Ey birader derd-i aşka mübtelâ olmak da güç
Sûret-i insanide hayvan-sıfat kalmak da güç

Bağrımın kanı kurudu ciğerim oldu kebâb
Hasret-i hicran oduna her zaman yanmak da güç

Derd nedir derman nedir yâ ben beni bilmem neyin
Nâr u nurun berzahında sararıp solmak da güç

Nûr-ı Ahmed'dir özüm dürr-ı yetîmî bendedir
Bu beşer nefsin elinden anı kurtarmak da güç

Gevher-i nefsimi yutmuş bir amansız ejdehâ
Bî-basar mârın elinden şeb-çerâğ almak da güç

Müttakîler kisvetine müddetler girdiler
Muhtefî oldu erenler arayıp bulmak da güç

Bahriler ummana daldı pek çoğaldı dehrîler
Öyle mülhidler ile bahs-i dîne dalmak da güç

Hep hatîâtın büyüğü hubb-ı dünyâ bilirem
Ânı terk etmek de güç pek kipçe sarılmak da güç

Öyle bir derde giriftar olmuşum âlemde kim
ittisale çâre yokdur dahi ayrılmak da güç

Hâne-i dil cennet-i irfana dâhil olmadan
Âr u namus şişesini taşlara çalmak da güç

Pîr-i Sâmî gibi sultâna kılalım iktidâ
Keştibânsız fülkümüzü engine salmak da güç

Derdimi defter edip sultânıma arz eylesem
Ol bilirken cümle hâlim arz-ı hâl sunmak da güç

Hamdulillah böyle bir sultâna hadim olmuşam
Sâlihem sıdk ile şahım hizmetin kılmak da güç
Aşk = Sevgi, şiddetli muhabbet, candan sevme.

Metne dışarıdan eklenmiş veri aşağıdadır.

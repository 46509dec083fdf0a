//! What the reading of a word tells of it. Each function is a law that its contract states, and does nothing.
ghost use Rattle.words.specs.Laws.{NumbersAreWithin, PrefixesSplit, WordsAreEqual};

/// A word is just a text exactly where the two are equal.
pub fn words_are_equal()
    ensures { WordsAreEqual }
{}

/// A text stands in a word behind a prefix exactly where the word is the prefix and then the text.
pub fn prefixes_split()
    ensures { PrefixesSplit }
{}

/// A number is read exactly where the text writes it in decimal and it is in the limits.
pub fn numbers_are_within()
    ensures { NumbersAreWithin }
{}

Mübtelâ = Düşkün, tutkun, tutulmuş.

Hasret-i hicran = Ayrılık hasreti.

Od = Ateş.

Nâr = Ateş.

Berzah = Belâ, güçlük, manevi ceza.

Dürr-iyetimi = Tek ve büyük inci.

Gevher = Mücevher, inci.

Bî-basar = Gözsüz, anlayışsız

Mâr = Yılan.

Şebçerag = Gece lambası, nur.

Muttaki = Sağlam amelli, istikamet sahibi.

Kisvet = Elbise, örtü.

Müddeî = İddia eden, rakip, ağyar.

Muhtefi = Saklanan, gizlenen.

Bahri = Denize mensup olanlar, âlimler.

Dehri = Tabiata, ahirete inanmayıp, hadiseleri tabiat yapar diyenler.

Mülhid = Dinden çıkmış, sapık.

Bahs-ı din = Din bahsi.

Hatiât = Hatalar, yanılma.

Hubb-ı dünya = Dünya sevgisi.

Giriftar olmak = Düşmek, duçar olmak.

İttisal = Uyma, o halle hallenme.

Hane-i dil: Gönül evi, kalp.

Iktida = Uyma, peşinden gitme.

Keşfibân = Kaptan.

Fülk = Gemi.

Hadim = Hizmet eden, hizmetçi.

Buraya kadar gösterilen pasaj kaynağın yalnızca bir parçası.